> The task:
Write the data out again in full, with no departure from the original.

[Information supplied]

//! The hardened log of each replica of each run is in whole blocks, and begins with the first term.
#![tactic(auto)]

ghost use Rattle.std.specs.Prelude.{List};
ghost use Rattle.std.specs.List.{AllByRecursion};
ghost use Rattle.ag_model.specs.declared.config.Config.{Config};
ghost use Rattle.ag_model.specs.declared.event.Event.{Event};
ghost use Rattle.ag_rules.specs.Run.{run};
ghost use Rattle.ag_rules.specs.Script.{IsConfig, IsScript};
ghost use Rattle.ag_rules.specs.TermLog.{groups};
ghost use Rattle.ag_law_blocks.specs.Blocked.{AreBlocked};

/// In each group of a run the hardened log of each replica, up or down, begins with the Term record of term 1; its
/// block ends strictly rise and its last record is one; and each Term record begins a block. So it is after a cut.
pub fn logs_are_blocked()
    ensures blocked { (c : Config) (es : List Event) → IsConfig c → IsScript c es → AllByRecursion AreBlocked (groups (run c es)) }
{}
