/// A thread goes on in its function. Where no memory is found the state is as before.
fn go(
    alloc: Global,
    points: &Points,
    state: &mut State,
    t: usize,
    going: Going,
) -> Result<(), NoMemory>
    requires thread { (t < length state.old.threads) × (length state.old.threads < 2 ^ 32) }
    requires numbers { length state.old.objects + objects_by points.now going.effect < 2 ^ 32 }
    ensures ok { OnOk result (state.new ≡ spec.gone_on points.now t state.old going) }
    ensures err { OnErr result (state.new ≡ state.old) }
{
    let Going {
        gives,
        turn: to,
        effect,
    } = going;
    match effect {
        Effect::Nothing => {
            go_on(alloc, &mut state.threads, t, gives, to)?;
            Ok(())
        }
        Effect::PutSlot(slot, value) => {
            go_on(alloc, &mut state.threads, t, gives, to)?;
            put_slot(alloc, &mut state.threads, t, slot as usize, value);
            Ok(())
        }
        Effect::PutValue(cell, value) => {
            put_in_cell(alloc, state, t, gives, to, cell, Put::Value(value))?;
            Ok(())
        }
        Effect::PutMutex(cell, mutex) => {
            put_in_cell(alloc, state, t, gives, to, cell, Put::Mutex(mutex))?;
            Ok(())
        }
        Effect::PutCondition(cell, condition) => {
            put_in_cell(alloc, state, t, gives, to, cell, Put::Condition(condition))?;
            Ok(())
        }
        Effect::Begin(call) => {
            begin(alloc, points, state, t, gives, to, call)?;
            Ok(())
        }
        Effect::Join(other) => {
            go_on(alloc, &mut state.threads, t, gives, to)?;
            join(alloc, &mut state.threads, other as usize);
            Ok(())
        }
        Effect::Detach(other) => {
            go_on(alloc, &mut state.threads, t, gives, to)?;
            detach(alloc, &mut state.threads, other as usize);
            Ok(())
        }
        Effect::Bear(birth) => {
            bear(alloc, points, state, t, gives, to, birth)?;
            Ok(())
        }
        Effect::End(object) => {
            go_on(alloc, &mut state.threads, t, gives, to)?;
            end_object(alloc, &mut state.objects, object as usize);
            Ok(())
        }
    }
}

[/Information supplied]

> Completed task:
//! The hardened log of each replica of each run is in whole blocks, and begins with the first term.
#![tactic(auto)]

ghost use Rattle.std.specs.Prelude.{List};
ghost use Rattle.std.specs.List.{AllByRecursion};
ghost use Rattle.ag_model.specs.declared.config.Config.{Config};
ghost use Rattle.ag_model.specs.declared.event.Event.{Event};
ghost use Rattle.ag_rules.specs.Run.{run};
ghost use Rattle.ag_rules.specs.Script.{IsConfig, IsScript};
ghost use Rattle.ag_rules.specs.TermLog.{groups};
ghost use Rattle.ag_law_blocks.specs.Blocked.{AreBlocked};

/// In each group of a run the hardened log of each replica, up or down, begins with the Term record of term 1; its
/// block ends strictly rise and its last record is one; and each Term record begins a block. So it is after a cut.
pub fn logs_are_blocked()
    ensures blocked { (c : Config) (es : List Event) → IsConfig c → IsScript c es → AllByRecursion AreBlocked (groups (run c es)) }
{}
/// A thread goes on in its function. Where no memory is found the state is as before.
fn go(
    alloc: Global,
    points: &Points,
    state: &mut State,
    t: usize,
    going: Going,
) -> Result<(), NoMemory>
    requires thread { (t < length state.old.threads) × (length state.old.threads < 2 ^ 32) }
    requires numbers { length state.old.objects + objects_by points.now going.effect < 2 ^ 32 }
    ensures ok { OnOk result (state.new ≡ spec.gone_on points.now t state.old going) }
    ensures err { OnErr result (state.new ≡ state.old) }
{
    let Going {
        gives,
        turn: to,
        effect,
    } = going;
    match effect {
        Effect::Nothing => {
            go_on(alloc, &mut state.threads, t, gives, to)?;
            Ok(())
        }
        Effect::PutSlot(slot, value) => {
            go_on(alloc, &mut state.threads, t, gives, to)?;
            put_slot(alloc, &mut state.threads, t, slot as usize, value);
            Ok(())
        }
        Effect::PutValue(cell, value) => {
            put_in_cell(alloc, state, t, gives, to, cell, Put::Value(value))?;
            Ok(())
        }
        Effect::PutMutex(cell, mutex) => {
            put_in_cell(alloc, state, t, gives, to, cell, Put::Mutex(mutex))?;
            Ok(())
        }
        Effect::PutCondition(cell, condition) => {
            put_in_cell(alloc, state, t, gives, to, cell, Put::Condition(condition))?;
            Ok(())
        }
        Effect::Begin(call) => {
            begin(alloc, points, state, t, gives, to, call)?;
            Ok(())
        }
        Effect::Join(other) => {
            go_on(alloc, &mut state.threads, t, gives, to)?;
            join(alloc, &mut state.threads, other as usize);
            Ok(())
        }
        Effect::Detach(other) => {
            go_on(alloc, &mut state.threads, t, gives, to)?;
            detach(alloc, &mut state.threads, other as usize);
            Ok(())
        }
        Effect::Bear(birth) => {
            bear(alloc, points, state, t, gives, to, birth)?;
            Ok(())
        }
        Effect::End(object) => {
            go_on(alloc, &mut state.threads, t, gives, to)?;
            end_object(alloc, &mut state.objects, object as usize);
            Ok(())
        }
    }
}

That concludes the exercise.